Exporting 50,000 Rows of Swiss Corporate Data for ML Training

Name: Swiss Commercial Register Companies
Creator: VynCo
License: https://vynco.ch/legal/terms

VynCo Engineering4 min read4/15/2026

bulk-export ml data-science python ndjson

If you're training a model — industry classifier, churn predictor, graph embeddings over the Swiss corporate network — you want bulk data, not 50 000 per-company GET requests. The VynCo bulk export endpoint is built for exactly this.

Canton distribution

The three-step pattern

import vynco, time
client = vynco.Client()

# 1. Create a job
job = client.exports.create(
    format="ndjson",              # or "csv"
    canton="ZH",                   # optional filter
    changed_since="2025-01-01",    # only rows updated after
    max_rows=50000,
).data

# 2. Poll status (we'd emit more events if you asked)
while True:
    job_status = client.exports.get(job.id).data
    if job_status.job.status == "completed":
        break
    if job_status.job.status == "failed":
        raise RuntimeError(f"export failed: {job_status.job.error_message}")
    time.sleep(5)

# 3. Stream the result
data = client.exports.download(job.id)   # returns bytes
# For NDJSON: one JSON object per line
for line in data.decode().splitlines():
    row = json.loads(line)
    # ... feed into your training pipeline

Why async

Bulk exports over 50 000 rows take 30-60 seconds to generate on our side (indexed scan + NDJSON encoding + gzip). Holding an HTTP connection open that long is fragile — proxies time out, loadbalancers reset, client code retries the whole thing. Instead:

POST /v1/exports returns immediately with a job ID (status: pending)
A background worker claims pending jobs every 5 minutes and runs the filtered query
GET /v1/exports/{id} returns status + inline data when under 10 MB
GET /v1/exports/{id}/download streams the raw file for larger exports

The SDK wraps this in the three calls above.

Filters

All filters combine with AND:

Filter	Effect
`canton`	Two-letter canton code (ZH, GE, BE, ...)
`status`	`Active`, `In Liquidation`, `Deleted` (normalised)
`industry`	ILIKE match against populated industry labels
`changed_since`	ISO 8601 — only rows whose `updated_at` is after
`max_rows`	Tier-capped: Professional = 100 000, Enterprise = 1 000 000

Combined filters produce a much cleaner dataset than downloading everything and filtering client-side. For training an auditor-classification model, {canton: "ZH", industry: "Financial Services", max_rows: 20000} is exactly what you want.

NDJSON vs CSV

NDJSON — recommended. One JSON object per line. Fields preserve types (numbers are numbers, nulls are nulls). Easy to parse row-by-row without loading the whole file into memory.
CSV — use when your downstream tool (Excel, most SQL loaders) expects it. Fields are quoted per RFC 4180; numeric types degrade to strings; nulls become empty strings. The first line is a header.

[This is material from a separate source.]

// What `demands` tells of a faulty file and of bad arguments, byte by byte.
// It knows what a caller of `desk` knows, and has no code of its own.
#![tactic(auto)]

#[cfg(test)]
mod tests;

Iterating a large NDJSON without loading it all

import json
from io import StringIO

raw = client.exports.download(job.id).decode()
for i, line in enumerate(StringIO(raw)):
    row = json.loads(line)
    if i % 10_000 == 0:
        print(f"row {i}: {row['uid']} {row['name']}")
    yield row

For exports over 100 k rows the SDK accepts a chunk_size argument that streams download bytes directly to disk so you never hold the full payload in memory.

Rate limits and credits

1 credit per export job creation. The rows themselves don't count.
Max 10 concurrent pending jobs per user — creating an 11th returns 429.
Files expire after 7 days. Download, cache to your own storage, rely on the export URL at your peril.

Full example

bulk_export.py is the end-to-end runner with polling, progress logging, and a NDJSON-to-pandas loader. Under 60 lines.

When to use bulk export vs. streaming

Snapshot / training data → bulk export, filtered to the subset you need
Real-time monitoring → watchlists + webhooks (see our earlier post on real-time change feeds)
Ad-hoc queries → companies.list() with pagination, for interactive dashboards where results need to be current

Rule of thumb: if you'll process the same data more than once, export it; otherwise paginate.